- [Task goal]: Using the records below, transcribe word for word the stretch from the line that contains "let ifaces = [(2, Amount::counted(Dir::Ingress, 1, 60))];" through the line that contains "const SEEN: ListReceipt", both end lines included, and nothing else.

────────────────────

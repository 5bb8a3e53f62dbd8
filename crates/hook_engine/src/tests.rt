//! The calls in order. Passes on threads, beside a desk and a collector, are tested where there are threads: by the tests
//! of the program.

ghost use Rattle.std.specs.Prelude.{◌≡◌, ◌≤◌, ◌<◌, ◌+◌, length, IfOk};
ghost use Rattle.acct_base.specs.Ranges.{AreSizes};
ghost use Rattle.hook_engine.specs.Ends.{room_for};
ghost use Rattle.hook_engine.specs.Tables.{AreSeatsOf};

use crate::{CloseRoom, DeskSeats, Engine, EngineRest, NoTally, Pass, SeatsOut, Tally};
use acct_base::{
    Amount, DOZABLE, Dir, Family, HookIn, IfaceIn, IfaceReceipt, Key, Label, ListReceipt, Mark,
    OwnerEntry, Receipt, RegSizes, Row, STANDBY, Seen, Sizes, TagEntry, Uid, Verdict,
};
use reg_words::{Regs, Writer};
use std::alloc::{AllocError, Global};
use std::test::Fail;

/// The usual sizes, and ten calls.
const USUAL: Sizes = Sizes {
    rows: 5_000,
    regs: RegSizes {
        cookies: 10_000,
        sets: 2_000,
        owners: 2_000,
        writes: 262_144,
    },
    apps: 10_000,
    ifaces: 1_000,
    calls: 10,
};

/// Sizes for a few packets.
const SMALL: Sizes = Sizes {
    rows: 64,
    regs: RegSizes {
        cookies: 8,
        sets: 8,
        owners: 8,
        writes: 64,
    },
    apps: 8,
    ifaces: 8,
    calls: 2_000,
};

const NOTHING: Seen = Seen {
    version: 0,
    value: None,
};

// An engine of these sizes, with its pass and the desk's seats.
fn open(alloc: Global, sizes: &Sizes) -> Result<(Engine, Pass, DeskSeats), AllocError>
    requires { AreSizes sizes.now }
    ensures sizes { IfOk result (λ t. t.0.sizes ≡ sizes.now) }
    ensures pass { IfOk result (λ t. (t.1.tables ≡ t.0.tables) × (t.1.has.left ≡ sizes.now.calls)) }
    ensures seats { IfOk result (λ t. AreSeatsOf t.0.tables t.2.writer t.2.collect t.2.apps) }
{
    Engine::new(alloc, sizes)
}

// What is left of an engine of these sizes, where the pass has all calls.
fn close(
    alloc: Global,
    engine: Engine,
    pass: Pass,
    seats: DeskSeats,
    sizes: &Sizes,
) -> Result<Option<EngineRest>, AllocError>
    requires sizes { engine.sizes ≡ sizes.now }
    requires pass { pass.tables ≡ engine.tables }
    requires seats { AreSeatsOf engine.tables seats.writer seats.collect seats.apps }
{
    let room = CloseRoom::new(alloc, sizes)?;
    Ok(engine.close(pass, seats, room).ok())
}

// A packet of a socket without bytes of its head, on interface 2, at a hook.
fn send(engine: &Engine, pass: &mut Pass, dir: Dir, sock_uid: Uid, cookie: u64, len: u32) -> Receipt
    requires from { pass.old.tables ≡ engine.now.tables }
    requires left { 0 < pass.old.has.left }
    requires range { (sock_uid < 4294967295) × (1 ≤ len) × (len ≤ 262144) }
    ensures from { pass.new.tables ≡ pass.old.tables }
    ensures left { pass.old.has.left ≡ pass.new.has.left + 1 }
{
    let call = HookIn {
        dir,
        sock_uid,
        cookie,
        iface: 2,
        family: Family::V4,
        len,
        head: &[],
    };
    engine.hook(pass, &call)
}

/// How much is left of an engine: the live phase, and the lengths of the lists.
type Lengths = (u32, usize, usize, usize, usize);

// The live phase, and how many rows, writes and totals are left.
fn lengths(rest: &EngineRest) -> Lengths {
    (
        rest.live.phase,
        rest.live.rows.len(),
        rest.journal.len(),
        rest.apps.len(),
        rest.ifaces.len(),
    )
}

// Joins the pass that was missing to the one that came back, and closes the engine with it.
fn close_joined(out: SeatsOut, other: Pass) -> Option<Lengths>
    requires pass { (out.pass.tables ≡ out.engine.tables) × (other.tables ≡ out.engine.tables) }
    requires seats { AreSeatsOf out.engine.tables out.seats.writer out.seats.collect out.seats.apps }
    requires room { out.room ≡ room_for out.engine.sizes }
{
    let SeatsOut {
        engine,
        mut pass,
        seats,
        room,
        ..
    } = out;
    engine.join(&mut pass, other);
    let rest = engine.close(pass, seats, room).ok()?;
    Some(lengths(&rest))
}

// Closes an engine whose pass lacks three calls, and then with them. Gives what was missing, what the pass had and
// had made, and what is left. None where the engine was closed at once.
fn close_twice(alloc: Global) -> Result<Option<(u64, u64, u64, Option<Lengths>)>, AllocError> {
    let room = CloseRoom::new(alloc, &USUAL)?;
    let (engine, mut pass, seats) = open(alloc, &USUAL)?;
    let other = engine.split(&mut pass, 3);
    match engine.close(pass, seats, room) {
        Ok(_) => Ok(None),
        Err(out) => {
            let (missing, left, made) = (out.missing, out.pass.left(), out.pass.made());
            Ok(Some((missing, left, made, close_joined(out, other))))
        }
    }
}

#[test]
fn a_pass_that_lacks_calls_closes_nothing(rt: HostRuntime) -> Result<(), Fail> {
    let closed = close_twice(rt.alloc())?;
    assert_eq!(rt; closed, Some((3, 7, 0, Some((0, 0, 0, 0, 0)))));
    Ok(())
}

// Three writes: a socket's tag, the doze chain, and a uid that it allows.
fn tag_and_doze(regs: &Regs, writer: &mut Writer)
    requires { writer.old.origin ≡ regs.now }
    ensures origin { writer.new.origin ≡ regs.now }
    ensures published { writer.new.front ≡ length writer.new.journal }
{
    let tag = TagEntry { uid: 10060, tag: 7 };
    let owner = OwnerEntry {
        iface: 0,
        rule: DOZABLE,
    };
    let _ = regs.write(writer, Key::Cookie(77), Some(tag.word()));
    let _ = regs.write(writer, Key::Enabled, Some(u64::from(DOZABLE)));
    let _ = regs.write(writer, Key::Owner(10050), Some(owner.word()));
    regs.publish(writer);
}

const TAGGED: Label = Label {
    uid: 10060,
    tag: 7,
    set: 0,
    iface: 2,
};

const PLAIN: Label = Label { tag: 0, ..TAGGED };

/// A packet of the tagged socket: it is judged by the socket's uid, and counted by the tag's.
const OF_THE_TAG: Receipt = Receipt {
    front: 3,
    tag_read: Seen {
        version: 1,
        value: Some(10060 * 4294967296 + 7),
    },
    rules_read: Some(Seen {
        version: 2,
        value: Some(4),
    }),
    owner_read: Some(Seen {
        version: 3,
        value: Some(4),
    }),
    set_read: Some(NOTHING),
    phase: Some(0),
    label: Some(TAGGED),
    verdict: Verdict::Pass,
    landed_tag: Some(Mark::Landed),
    landed_plain: Some(Mark::Landed),
    landed_app: Some(Mark::Landed),
};

/// A packet of the tag's uid, which doze drops: it is counted, since it was received.
const OF_THE_UID: Receipt = Receipt {
    tag_read: NOTHING,
    owner_read: Some(NOTHING),
    label: Some(PLAIN),
    verdict: Verdict::Drop,
    landed_tag: None,
    ..OF_THE_TAG
};

// Tags and dozes, and sends a packet of the tagged socket and one of the tag's uid.
fn send_both(engine: &Engine, pass: &mut Pass, writer: &mut Writer) -> (Receipt, Receipt)
    requires from { (pass.old.tables ≡ engine.now.tables) × (writer.old.origin ≡ engine.now.tables.regs) }
    requires left { 1 < pass.old.has.left }
    ensures from { (pass.new.tables ≡ pass.old.tables) × (writer.new.origin ≡ writer.old.origin) }
{
    tag_and_doze(engine.regs(), writer);
    let tagged = send(engine, pass, Dir::Ingress, 10050, 77, 100);
    (tagged, send(engine, pass, Dir::Ingress, 10060, 0, 100))
}

// Whether both packets stand in their rows and in the app's total.
fn counts_both(rest: &EngineRest) -> bool {
    let rows = [
        Row {
            label: PLAIN,
            amount: Amount::counted(Dir::Ingress, 2, 200),
        },
        Row {
            label: TAGGED,
            amount: Amount::counted(Dir::Ingress, 1, 100),
        },
    ];
    let apps = [(10060, Amount::counted(Dir::Ingress, 2, 200))];
    rest.live.rows.as_slice() == rows.as_slice() && rest.apps.as_slice() == apps.as_slice()
}

// The receipts of both packets, and what is left of their engine.
fn both(alloc: Global) -> Result<(Receipt, Receipt, Option<EngineRest>), AllocError> {
    let (engine, mut pass, mut seats) = open(alloc, &SMALL)?;
    let (tagged, dropped) = send_both(&engine, &mut pass, &mut seats.writer);
    let rest = close(alloc, engine, pass, seats, &SMALL)?;
    Ok((tagged, dropped, rest))
}

#[test]
fn the_match_is_by_the_socket_and_the_charge_by_the_tag(rt: HostRuntime) -> Result<(), Fail> {
    let (tagged, dropped, rest) = both(rt.alloc())?;
    assert_eq!(rt; (tagged, dropped), (OF_THE_TAG, OF_THE_UID));
    let rest = rest.ok_or("a pass with all calls")?;
    assert!(rt; counts_both(&rest));
    assert_eq!(rt; lengths(&rest), (0, 2, 3, 1, 0));
    Ok(())
}

// The standby chain is on, and denies a uid.
fn stand_by(regs: &Regs, writer: &mut Writer)
    requires { writer.old.origin ≡ regs.now }
    ensures { writer.new.origin ≡ regs.now }
{
    let owner = OwnerEntry {
        iface: 0,
        rule: STANDBY,
    };
    let _ = regs.write(writer, Key::Enabled, Some(u64::from(STANDBY)));
    let _ = regs.write(writer, Key::Owner(10050), Some(owner.word()));
    regs.publish(writer);
}

// Stands by, and sends and receives a packet of the denied uid.
fn send_both_ways(engine: &Engine, pass: &mut Pass, writer: &mut Writer) -> (Receipt, Receipt)
    requires from { (pass.old.tables ≡ engine.now.tables) × (writer.old.origin ≡ engine.now.tables.regs) }
    requires left { 1 < pass.old.has.left }
{
    stand_by(engine.regs(), writer);
    let sent = send(engine, pass, Dir::Egress, 10050, 0, 60);
    (sent, send(engine, pass, Dir::Ingress, 10050, 0, 60))
}

// How a packet fared, and in which phase it was counted, if it was.
fn fared(receipt: &Receipt) -> (Verdict, Option<u32>) {
    (receipt.verdict, receipt.phase)
}

// How both packets fared.
fn fared_both_ways(alloc: Global) -> Result<[(Verdict, Option<u32>); 2], AllocError> {
    let (engine, mut pass, mut seats) = open(alloc, &SMALL)?;
    let (sent, received) = send_both_ways(&engine, &mut pass, &mut seats.writer);
    Ok([fared(&sent), fared(&received)])
}

#[test]
fn a_dropped_packet_is_counted_where_it_was_received(rt: HostRuntime) -> Result<(), Fail> {
    let fared = fared_both_ways(rt.alloc())?;
    assert_eq!(rt; fared, [(Verdict::Drop, None), (Verdict::Drop, Some(0))]);
    Ok(())
}

// The clat daemon's packet, sent or received, at an interface program.
fn pass_by(engine: &Engine, pass: &mut Pass, dir: Dir) -> IfaceReceipt
    requires from { pass.old.tables ≡ engine.now.tables }
    requires left { 0 < pass.old.has.left }
    ensures from { pass.new.tables ≡ pass.old.tables }
    ensures left { pass.old.has.left ≡ pass.new.has.left + 1 }
{
    let call = IfaceIn {
        dir,
        sock_uid: 1029,
        iface: 2,
        family: Family::V4,
        len: 60,
    };
    engine.iface(pass, &call)
}

// The daemon's packet at a hook, and two at an interface program, with what is left of their engine.
fn clat(
    alloc: Global,
) -> Result<(Receipt, IfaceReceipt, IfaceReceipt, Option<EngineRest>), AllocError> {
    let (engine, mut pass, seats) = open(alloc, &SMALL)?;
    let hooked = send(&engine, &mut pass, Dir::Ingress, 1029, 0, 60);
    let sent = pass_by(&engine, &mut pass, Dir::Egress);
    let received = pass_by(&engine, &mut pass, Dir::Ingress);
    let rest = close(alloc, engine, pass, seats, &SMALL)?;
    Ok((hooked, sent, received, rest))
}

#[test]
fn the_clat_daemon_is_counted_by_interface_alone(rt: HostRuntime) -> Result<(), Fail> {
    let (hooked, sent, received, rest) = clat(rt.alloc())?;
    assert_eq!(rt; fared(&hooked), (Verdict::Pass, None));
    assert_eq!(rt; (sent.matched, sent.landed), (false, None));
    assert_eq!(rt;
        (received.matched, received.landed),
        (true, Some(Mark::Landed))
    );
    let rest = rest.ok_or("a pass with all calls")?;
    let ifaces = [(2, Amount::counted(Dir::Ingress, 1, 60))];
    assert_eq!(rt; rest.ifaces.as_slice(), ifaces.as_slice());
    assert_eq!(rt; lengths(&rest), (0, 0, 0, 0, 1));
    Ok(())
}

/// An answer that looked up no owner.
const UNSEEN: ListReceipt = ListReceipt {
    front: 3,
    owner_read: None,
    matched: true,
};

/// An answer that found the owner whom doze allows.
const SEEN: ListReceipt = ListReceipt {
    front: 3,
    owner_read: Some(Seen {
        version: 3,
        value: Some(4),
    }),
    matched: false,
};

// What the allow list says of the system, of a socket of nobody's that receives, and of an app, and what the deny
// list says of the app; and then the pass's calls, and those that it made.
fn asked(alloc: Global) -> Result<([ListReceipt; 4], u64, u64), AllocError> {
    let (engine, mut pass, mut seats) = open(alloc, &SMALL)?;
    tag_and_doze(engine.regs(), &mut seats.writer);
    let system = engine.allow(&mut pass, 9999, 1, false);
    let nobody = engine.allow(&mut pass, 65534, 0, true);
    let app = engine.allow(&mut pass, 10050, 0, true);
    let denied = engine.deny(&mut pass, 10050);
    Ok(([system, nobody, app, denied], pass.left(), pass.made()))
}

#[test]
fn the_lists_spend_no_call(rt: HostRuntime) -> Result<(), Fail> {
    let asked = asked(rt.alloc())?;
    assert_eq!(rt; asked, ([UNSEEN, UNSEEN, SEEN, SEEN], 2_000, 0));
    Ok(())
}

// How many writes a pass has seen before it meets the desk and then, and its phase then.
fn seen_by_a_note(alloc: Global) -> Result<(u32, u32, u32), AllocError> {
    let (engine, mut pass, mut seats) = open(alloc, &SMALL)?;
    let mut note = engine.split(&mut pass, 0);
    tag_and_doze(engine.regs(), &mut seats.writer);
    let before = note.seen();
    engine.meet(&mut note, &mut seats.writer, &mut seats.collect);
    NoTally.ended(&pass, &seats.collect);
    Ok((before, note.seen(), note.phase()))
}

#[test]
fn a_pass_learns_what_the_desk_knows(rt: HostRuntime) -> Result<(), Fail> {
    let seen = seen_by_a_note(rt.alloc())?;
    assert_eq!(rt; seen, (0, 3, 0));
    Ok(())
}

// What the desk reads of an app once it met the pass that sent a packet of 100 bytes.
fn read_after_meeting(alloc: Global) -> Result<Amount, AllocError> {
    let (engine, mut pass, mut seats) = open(alloc, &SMALL)?;
    send(&engine, &mut pass, Dir::Ingress, 10050, 0, 100);
    engine.meet_apps(&mut pass, &mut seats.apps);
    Ok(engine.apps().read(&mut seats.apps, 10050))
}

#[test]
fn the_desk_learns_what_a_pass_added(rt: HostRuntime) -> Result<(), Fail> {
    let total = read_after_meeting(rt.alloc())?;
    assert_eq!(rt; total, Amount::counted(Dir::Ingress, 1, 100));
    Ok(())
}

// Takes what may go to another thread, and nothing else.
fn goes_to_threads<T: Send>(_value: &T) {}

// Takes what threads may share, and nothing else.
fn is_shared_by_threads<T: Sync>(_value: &T) {}

#[test]
fn engines_are_shared_and_passes_go_to_threads(rt: HostRuntime) -> Result<(), Fail> {
    let (engine, pass, seats) = open(rt.alloc(), &SMALL)?;
    is_shared_by_threads(&engine);
    goes_to_threads(&pass);
    goes_to_threads(&seats);
    Ok(())
}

────────────────────

- [Reply]:
    let ifaces = [(2, Amount::counted(Dir::Ingress, 1, 60))];
    assert_eq!(rt; rest.ifaces.as_slice(), ifaces.as_slice());
    assert_eq!(rt; lengths(&rest), (0, 0, 0, 0, 1));
    Ok(())
}

/// An answer that looked up no owner.
const UNSEEN: ListReceipt = ListReceipt {
    front: 3,
    owner_read: None,
    matched: true,
};

/// An answer that found the owner whom doze allows.
const SEEN: ListReceipt = ListReceipt {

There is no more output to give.